Ridker P M, Vaughan D E, Stampfer M J, Manson J E, Shen C, Newcomer L M, Goldhaber S Z, Hennekens C H
Division of Cardiology, Brigham and Women's Hospital, Harvard Medical School, Boston, MA.
Circulation. 1992 May;85(5):1822-7. doi: 10.1161/01.cir.85.5.1822.
Although isolated abnormalities of plasminogen activation and inhibition have been reported among selected patients with venous thrombosis, it is unclear whether these deficiencies of fibrinolysis are important risk factors for thromboembolic disease.
To evaluate whether baseline levels of endogenous tissue-type plasminogen activator (t-PA) and plasminogen activator inhibitor type 1 (PAI-1) predict the future occurrence of venous thrombosis, levels of these proteins were measured in prospectively collected plasma samples from 55 participants in the Physicians' Health Study who later developed deep venous thrombosis or pulmonary embolism and from an equal number of age- and smoking-matched control subjects who remained free of vascular disease during a mean follow-up period of 60.2 months. Overall, there were no statistically significant differences between case patients and control subjects in baseline levels of PAI-1 (50.5 versus 59.5 ng/ml, p = 0.26), t-PA (13.4 versus 13.3 ng/ml, p = 0.94), or PAI-1:t-PA ratio (6.84 versus 6.58, p = 0.82). No evidence of a threshold effect or trend was seen when these data were analyzed by increasing quartiles of PAI-1 (p = 0.73), t-PA (p = 0.62), or PAI-1:t-PA ratio (p = 0.93). These results were unchanged after multivariate analysis that simultaneously controlled for other baseline cardiovascular risk factors.

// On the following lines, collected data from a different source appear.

//! Values of at most 120 levels.
ghost use Rattle.std.specs.Prelude.{◌≡◌, [], map, option_map, IfOk};
ghost use Rattle.arm_value.specs.Json.{object, pairs, put_each, IsInOrder};
ghost use Rattle.arm_value.specs.View.{json, member, entry};
ghost use Rattle.function_lists.specs.Values.{array_of, capped, object_of, or_null};

use crate::merge::in_object;
use arm_value::{Field, Items, OutOfMemory, Text, Value, deepest_item, deepest_member, sorted};
use std::alloc::Global;
use std::collections::BTreeMap;

/// The array of these items; none where it would nest above 120. It takes no memory.
#[tactic(auto, using(crate::proofs::ValueLemmas::is_array_of, crate::proofs::ValueLemmas::no_array_of))]
pub fn array_of(values: Vec<Value>) -> Option<Value>
    ensures { option_map json result ≡ array_of (map json values.items) }
{
    if deepest_item(values.as_slice()) > 119 {
        return None;
    }
    Some(Value::Array(Items::from_vec(values)))
}

// The members of values that are listed by their names.
fn in_order(alloc: Global, sorted: BTreeMap<String, Value>) -> Result<Vec<Field>, OutOfMemory>
    ensures { IfOk result (λ members. map member members.items ≡ map entry sorted.entries) }
{
    let mut members = Vec::new(alloc);
    for (name, value) in sorted {
        members.push(Field {
            name: Text::from_string(name),
            value,
        })?;
    }
    Ok(members)
}

// The object of members in the order of their names; none where it would nest above 120.
#[tactic(auto, using(crate::proofs::ValueLemmas::is_capped, crate::proofs::ValueLemmas::is_not_capped))]
fn capped_object(alloc: Global, members: Vec<Field>) -> Result<Option<Value>, OutOfMemory>
    requires { IsInOrder (map member members.items) }
    ensures { IfOk result (λ value. option_map json value ≡ capped (object (pairs (map member members.items)))) }
{
    if deepest_member(members.as_slice()) > 119 {
        return Ok(None);
    }
    let fields = in_object(alloc, members)?;
    Ok(Some(Value::Object(fields)))
}

/// The object of these members, of which a later one wins over an earlier one of its name; none
/// where it would nest above 120.
///
/// It takes time in the order of n log n for n members.
pub fn object_of(alloc: Global, members: Vec<Field>) -> Result<Option<Value>, OutOfMemory>
    ensures { IfOk result (λ value. option_map json value ≡ object_of (map member members.items)) }
{
    let sorted = sorted(alloc, members)?;
    let members = in_order(alloc, sorted)?;
    capped_object(alloc, members)
}

/// The same values again.
pub fn copies(alloc: Global, values: &[Value]) -> Result<Vec<Value>, OutOfMemory>
    ensures { IfOk result (λ copies. map json copies.items ≡ map json values.now) }
{
    let mut copies = Vec::new(alloc);
    for value in values {
        copies.push(value.copy(alloc)?)?;
    }
    Ok(copies)
}

/// The value again, null for none.
pub fn copy_or_null(alloc: Global, value: Option<&Value>) -> Result<Value, OutOfMemory>
    ensures { IfOk result (λ copy. json copy ≡ or_null (option_map (λ v. json v.now) value.entry)) }
{
    match value {
        Some(value) => value.copy(alloc),
        None => Ok(Value::Null),
    }
}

In contrast to previous uncontrolled case series and smaller retrospective studies, these prospective data provide strong evidence that baseline fibrinolytic state, as measured by t-PA and PAI-1, does not predict the occurrence of future venous thrombosis.
尽管在部分静脉血栓形成患者中报告了纤溶酶原激活和抑制的孤立异常,但尚不清楚这些纤溶缺陷是否为血栓栓塞性疾病的重要危险因素。
为评估内源性组织型纤溶酶原激活物(t-PA)和纤溶酶原激活物抑制剂1型(PAI-1)的基线水平是否能预测未来静脉血栓形成的发生,对来自医师健康研究的55名后来发生深静脉血栓形成或肺栓塞的参与者以及同等数量年龄和吸烟情况匹配的对照受试者的前瞻性采集血浆样本中这些蛋白质的水平进行了测量,这些对照受试者在平均60.2个月的随访期内未患血管疾病。总体而言,病例患者和对照受试者在PAI-1基线水平(50.5对59.5 ng/ml,p = 0.26)、t-PA(13.4对13.3 ng/ml,p = 0.94)或PAI-1:t-PA比值(6.84对6.58,p = 0.82)方面无统计学显著差异。当按PAI-1(p = 0.73)、t-PA(p = 0.62)或PAI-1:t-PA比值(p = 0.93)的四分位数增加对这些数据进行分析时,未发现阈值效应或趋势的证据。在同时控制其他基线心血管危险因素的多变量分析后,这些结果未改变。
与先前的非对照病例系列和较小的回顾性研究相反,这些前瞻性数据提供了有力证据,即通过t-PA和PAI-1测量的基线纤溶状态不能预测未来静脉血栓形成的发生。